Given the plunge in the LDP's electoral support and their lack of a majority in the Upper House, a risk still remains that the newer members will become disillusioned with the lack of policy action shown by the party. However, both Mr Miyazawa and Mr Obuchi possess finely honed negotiating skills and in the present environment, represent possibly the best chance for maintaining LDP party unity.
Nevertheless, the task faced by the two men is daunting. The Japanese economy is in the depths of a serious recession, one which at this stage shows no signs of ending. lndustrial production fell 5 per cent in the second quarter, both consumer and business confidence are extremely gloomy, capital expenditure plans have been put on hold and household saving has increased sharply.

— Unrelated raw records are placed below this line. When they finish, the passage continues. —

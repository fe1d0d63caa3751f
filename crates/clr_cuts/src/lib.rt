//! Cuts: some rows of a root, around what members change, over which what is planned and checked is
//! what it is over the whole root.
//!
//! - `Cuts` in specs/: which rows are enough. A safe cut has the cells that members change and the
//!   subjects of all touched needs; a cut has what serves these needs besides. Nothing is asked of the
//!   root. A need of the cut that isn't touched may lack what serves it, so that the cut may break needs
//!   that the root meets: its own audit says nothing of the root, and no verdict or plan looks there.
//! - `cuts_answer_for_the_whole` [`safe`, `cut`, `whole`]: what covers over a safe cut covers over the
//!   whole root, which then breaks nothing more with the changes of more members over it. Over a cut
//!   the touched needs, what serves each, the picks, the blockers and the covers are those over the
//!   whole; a need that nothing covers there is newly broken in the whole by its blockers.
//! - `rows_in_reach_make_a_cut`: what a cut must have, asked of one row at a time (`Reach`).
//!   `tied_rows_tell_dependence` [`tied`, `dependent`]: what it must have besides so that the same
//!   members depend on one another.
//! - `passes_make_cuts` [`none`, `three`, `split`, `change`]: a pass over all rows by a test that takes
//!   each row in reach, and may take others. One that answers no row shows a cut. Three passes make
//!   one, whatever there is at first and however long the chains of rows are that serve one another.
//!   A pass may go over one list and then another, and where the root changes, over its new rows alone.
//! - `served_rows_are_audited_alike` [`rows`, `sections`]: rows that have all that serves their needs,
//!   touched or not, meet these as the root does, so a root can be audited section by section.
//! - `members_beside_a_cut_are_independent`: members of a cut depend on no other one where no row of
//!   the others is of a tie of theirs (`Others`).
#![tactic(auto)]

mod laws;

pub use laws::{
    cuts_answer_for_the_whole, members_beside_a_cut_are_independent, passes_make_cuts,
    rows_in_reach_make_a_cut, served_rows_are_audited_alike, tied_rows_tell_dependence,
};
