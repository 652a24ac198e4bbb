// The rules of the space: specs/ has the definitions that every contract cites, proofs/ the claims proved of them. No code.
#![tactic(auto)]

The Bank of Japan has recently expressed concern that Japan may have entered a deflationary cycle. Unemployment is on the rise; indeed, the unemployment rate in July of 4.3 per cent was a record, and with the corporate sector set to continue restructuring in coming months, substantial layoffs are in store. Very soon, we may find that the Japanese unemployment rate will be above that of the US, a situation regarded as completely implausible even 12 months ago.
In the face of these enormous economic challenges, one of the first areas which Mr Miyazawa has concentrated on is banking sector reform. A good part of the explanation for Japan having fallen on such hard times is the explosion in bad debts held by the major banks: in response to this, banks have simply ceased providing credit, inevitably leading to a credit crunch.
The big banks accumulated significant debts after the collapse of the asset price bubble in the early 1990s. Recently, with the domestic economy again entering recession, and with many Asian economies also deteriorating, Japanese banks have been forced to declare an increasing volume of bad and doubtful debts, resulting in a significant diminution of their capital base. Not until this capital base is replenished can these banks again perform their normal function of credit provision.
Mr Miyazawa has already promised to introduce legislation to reform the banking sector as soon as possible. Indeed, we could see some legislation in this area introduced to the Diet very soon, which would be a positive step.
There are many unanswered questions regarding this legislation, including how aggressively the Obuchi administration will be prepared to push the top banks into declaring their true doubtful debts. Given the close relationship which the LDP traditionally has with the banks and the construction companies, they will be loath to pursue rapid rationalisation.
Another area which both Mr Obuchi and Mr Miyazawa have promised to address is taxation. Mr Obuchi promised large tax cuts in his LDP leadership campaign, although exact details of his tax proposals are still not clear. He has pledged to reduce the top marginal tax rate and to reduce the corporate tax rate to international standards.
Mr Miyazawa recently spoke about a two-stage tax cut totalling around Y6 trillion, the first part being a uniform tax cut. The large supplementary budget package which Mr Obuchi mentioned will be considered more seriously later in the year.
At this early stage of the Obuchi administration, it already appears that frustration could easily build over the slow pace of reform in Japan. The magnitude of the task facing the new leadership is enormous; moreover, they have the full weight of the international community, global financial markets, the Japanese electorate, and the rest of the LDP assessing their every move.
Moody's, the credit rating agency, can also be added to this list, given its recent announcement that it was reviewing Japan's credit rating for a possible downgrade because of concerns over its exploding fiscal deficit.
Japan is poised at a crucial point in its history; the Obuchi administration needs to come up with the answers and quickly, or else Japan's future economic course will be significantly altered.